For technical and historical reasons, label rows and so-called "content rows"
(which are essentially marginal analyses at a non-leaf point in the tree
graph defined by the parent-child relationships discussed above) are 
modeled separately.

Given a (sub)table, the content table (containing the content rows) and label
can be retrieved by `content_table` and `obj_label`, respectively. Note that
`obj_label` returns a string, not a row, as the label row is an internal detail
not currently exposed.

Recall that our `multi_step_children` function returns *the set of children
at a location*, so we must subset one additional time to arrive at a single child:


```{r}
tb <- multi_step_children(tbl, c(1, 1, 1))[[2]] ## second ie B strata
tb

content_table(tb)
```

Typically (ie by default) label rows for (sub)tables that have a non-empty
content table are not visible when rendering, but they do still exist:

```{r}
obj_label(tb)
```

Thus we see that:

- `split_rows_by*` layout instructions create a single subtable with the split name, which contains a facet for each value of the split;
- individual `analyze` instructions create a subtable containing individual rows defined by the afun used;
- repeated or multi-var `analyze` instructions create a parent subtable with a child for each individual analyzed var, as above; and 
- `summarize_row_groups` create content tables on *the children of* the table for that split


### Column Structure

For largely historical reasons, and due to the fact that the `rtables`
object model is row-dominant, the exact way that column structure is
modeled is an arcane implementation detail not useful to end users
(much more so than the row structure explored above). Thus we will
largely gloss over it here.

For our purposes here it suffices to say that the analog of the
subtables representing split instructions are implicit in column
space after the first split, as opposed to explicit as we saw
them to be in row space.

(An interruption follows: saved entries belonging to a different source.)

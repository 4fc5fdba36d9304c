// Four leaves or four nodes of a tree at once. These are helpers for the crates above: they require. `messages` is a buffer to work in, and
// nothing is said of what it holds afterwards.
#![tactic(auto)]

ghost use Rattle.std.specs.Prelude.{◌≡◌, ◌+◌, ◌*◌, ◌/◌, ◌≤◌, length};
ghost use Rattle.tree_by_fours.specs.helpers.Fours.{by_fours, FoursFit, first_leaves, first_parents};
ghost use Rattle.tree_four_messages.specs.helpers.Strides.{stride};
ghost use Rattle.theory_blake3.specs.Modes.{under};

use tree_digest::Hashing;
use tree_four_messages::{begin, put_digests, put_leaf_rests, put_node_rests};
use tree_place::{Group, Shape};

// How many of some messages of one size are hashed by fours: all that make fours, if a message is at most a chunk.
fn by_fours(size: usize, count: usize) -> usize
    ensures { result ≡ by_fours size count }
{
    if size <= tree_four_messages::STRIDE {
        return count / 4 * 4;
    }
    0
}

// The leaves of some groups of a tree, from group `first` on, that are hashed by fours, put at the front of a buffer, and how many they are.
// Lent are the values of these groups.
pub fn put_leaves(
    hashing: Hashing,
    out: &mut [u8],
    messages: &mut [u8],
    shape: Shape,
    first: usize,
    groups: usize,
    values: &[u64],
) -> usize
    requires { FoursFit (length hashing.domain.now) shape.count shape.width first groups (length values.now) (length out.old)
        (length messages.old) }
    ensures value { result ≡ by_fours (97 + length hashing.entry.domain.now + 16 * shape.width) groups }
    ensures out_after { out.new
        ≡ first_leaves (under hashing.entry.mode) out.old hashing.entry.domain.now shape.count shape.width first values.now result }
{
    let width = shape.width;
    let all = by_fours(97 + hashing.domain.len() + 16 * width, groups);
    // A small tree or level has no four: then nothing is begun.
    if all == 0 {
        return 0;
    }
    let mut front = [0u8; 328];
    let prefix = tree_message::leaf_prefix(&mut front, hashing.domain, shape);
    let h = begin(hashing.mode, messages, &front[..prefix]);
    let blocks = prefix / 64;
    let size = prefix + (24 + 16 * width);
    for g in (0..all).step_by(4) {
        let from = 2 * (width * g);
        let end = from + 8 * width;
        let group = Group::numbered(first + g);
        put_leaf_rests(messages, prefix, width, group, &values[from..end]);
        put_digests(hashing.mode, out, 32 * g, h, blocks, messages, size);
    }
    all
}

// The parents that are hashed by fours, of a level's 2 × half digests, which start at byte from, written right after them, and how many they are.
pub fn put_parents(
    hashing: Hashing,
    tree: &mut [u8],
    messages: &mut [u8],
    level: usize,
    from: usize,
    half: usize,
) -> usize
    requires { (length hashing.domain.now ≤ 255) × (from + 96 * half ≤ length tree.old) × (4 * stride ≤ length messages.old) }
    ensures value { result ≡ by_fours (136 + length hashing.entry.domain.now) half }
    ensures tree_after { tree.new ≡ first_parents (under hashing.entry.mode) tree.old hashing.entry.domain.now level from half result }
{
    let all = by_fours(136 + hashing.domain.len(), half);
    // A small tree or level has no four: then nothing is begun.
    if all == 0 {
        return 0;
    }
    let mut front = [0u8; 311];
    let prefix = tree_message::node_prefix(&mut front, hashing.domain, level);
    let h = begin(hashing.mode, messages, &front[..prefix]);
    let blocks = prefix / 64;
    let size = prefix + 80;
    for j in (0..all).step_by(4) {
        put_node_rests(messages, prefix, tree, from + 64 * j);
        put_digests(
            hashing.mode,
            tree,
            from + 64 * half + 32 * j,
            h,
            blocks,
            messages,
            size,
        );
    }
    all
}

That said, the relationship between layout
instructions and resulting paths in the table remains valid and useful.

We can see this by looking again at our column paths summary:

```{r}
col_paths_summary(tbl)
```

Column paths have a more rigid structure than their row-based counterparts.
Because column space has no analog to analyze layout instructions, 
All paths corresponding to facets or individual columns come 
in the form of one or more pairs of the form (split name, split value).

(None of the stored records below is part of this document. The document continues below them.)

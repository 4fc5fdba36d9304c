// Partial evaluations and their fold, after ring.rs (SPECIFICATION 3.1 and 3.2): a `Vec` becomes a lent slice, a panic a refusal. What ties them to the
// words' bits and to the indicator's table is stated in these contracts' terms in ring_identities (specs/Identities).
#![tactic(auto)]

ghost use Rattle.std.specs.Prelude.{◌≡◌, length, IfOk};
ghost use Rattle.theory_laws.specs.Table.{at};
ghost use Rattle.theory_laws.specs.Questions.{on_done};
ghost use Rattle.theory_laws.specs.Refusals.{answered};
ghost use Rattle.theory_field.specs.Words.{words};
ghost use Rattle.field_gf128.specs.Word.{word};
ghost use Rattle.theory_multilinear.specs.Partials.{fold_partials};
ghost use Rattle.field_pack.specs.Phi.{coefficients};
ghost use Rattle.ring_partials.specs.Numbers.{partial_number, fold_number};
ghost use Rattle.ring_partials.specs.Answers.{partials_of};

use field_gf128::Word;
use field_words::table_len;
use theory_laws::Refusal;

pub mod sums;

// The questions for n and lent lengths in u64.
#[tactic(auto, using(theory_laws::proofs::Questions::asks), unfolding(crate::specs::Numbers::partial_number))]
fn questions(n: usize, packed: usize, eq: usize, out: usize) -> Result<(), Refusal>
    ensures { answered result ≡ partial_number n packed eq out }
{
    if 20 < n {
        return Err(Refusal::Parameters);
    }
    let len = table_len(n);
    if packed != len {
        return Err(Refusal::Length);
    }
    if eq != len {
        return Err(Refusal::Length);
    }
    if out != 256 {
        return Err(Refusal::Length);
    }
    Ok(())
}

// The partial evaluations s_0 .. s_127 over 2^n packed words and a table of 2^n entries: s_b is the sum of the entries of the
// words whose bit b is set. Refuses with 4 where n is above 20, with 5 where a lent length is another; `out` then stays.
pub fn partial_evals(n: usize, packed: &[u64], eq: &[u64], out: &mut [u64]) -> Result<(), Refusal>
    ensures value { answered result ≡ partial_number n (length packed.now) (length eq.now) (length out.old) }
    ensures out_after { words out.new ≡ on_done (answered result) (partials_of n packed.now eq.now) (words out.old) }
{
    questions(n, packed.len(), eq.len(), out.len())?;
    sums::partials(packed, eq, out);
    Ok(())
}

// The fold of 128 partial evaluations: the sum over i of rb[i] times the word whose bit j is bit i of s_j. Refuses with 5 where
// not 128 words are lent.
pub fn fold_partials(s: &[u64], rb: [Word; 128]) -> Result<Word, Refusal>
    ensures number_value { answered result ≡ fold_number (length s.now) }
    ensures word_value { IfOk result (λ w. word w ≡ fold_partials (at (words s.now)) (coefficients rb)) }
{
    if s.len() != 256 {
        return Err(Refusal::Length);
    }
    Ok(sums::fold(s, rb))
}
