// The work of a fold. It is a helper for this crate and those above: it requires that a fold at its variable can be done.
ghost use Rattle.std.specs.Prelude.{◌≡◌, ◌*◌, length};
ghost use Rattle.theory_field.specs.Words.{words};
ghost use Rattle.field_gf128.specs.Word.{word};
ghost use Rattle.theory_multilinear.specs.Fold.{fold_list};
ghost use Rattle.field_runs.specs.Runs.{Paired};

use field_gf128::Word;

// A codeword folded at a variable by r, with room for a table of r's multiples.
pub fn fold_within(var: usize, r: Word, src: &[u64], out: &mut [u64], multiples: &mut [u64])
    requires { Paired var (length src.now) × (length src.now ≡ 2 * length out.old) × (length multiples.old ≡ 8192) }
    ensures { words out.new ≡ fold_list var (word r) (words src.now) }
{
    field_runs::align(multiples, src);
    field_runs::fold(out, src, var as u64, r, multiples);
}

// The same, with room of its own.
pub fn fold_into(var: usize, r: Word, src: &[u64], out: &mut [u64])
    requires { (Paired var (length src.now)) × (length src.now ≡ 2 * length out.old) }
    ensures { words out.new ≡ fold_list var (word r) (words src.now) }
{
    let mut multiples = [0u64; 8192];
    fold_within(var, r, src, out, &mut multiples);
}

Virtually all useful column paths will be of the form above. The only exception
to this is when setting column count visibility to a set of facets via
`facet_colcounts_visible<-`, for which we path to the implicit parent
structure whose children are the facets we are interested in. We saw
this in action in the previous section.

To summarize, as for row space, the relationship between layout
instructions and column paths as follows: column split instructions
create structures pathable via (split_name, split value/facet name)
pairs. Because there is no `analyze` analog for column splitting,
this paradigm is sufficient to understand and predict all column paths.


[^1]: In `rtables` `0.6.13` table layouts which would result in non-unique paths in column space will fail to build. This will likely change to be more in line with the behavior in row space in a future release.

[^2]:  the result-data.frame / ARD machinery knows to remove these uniquification artifacts, so these modifications to the names will not be reflected there.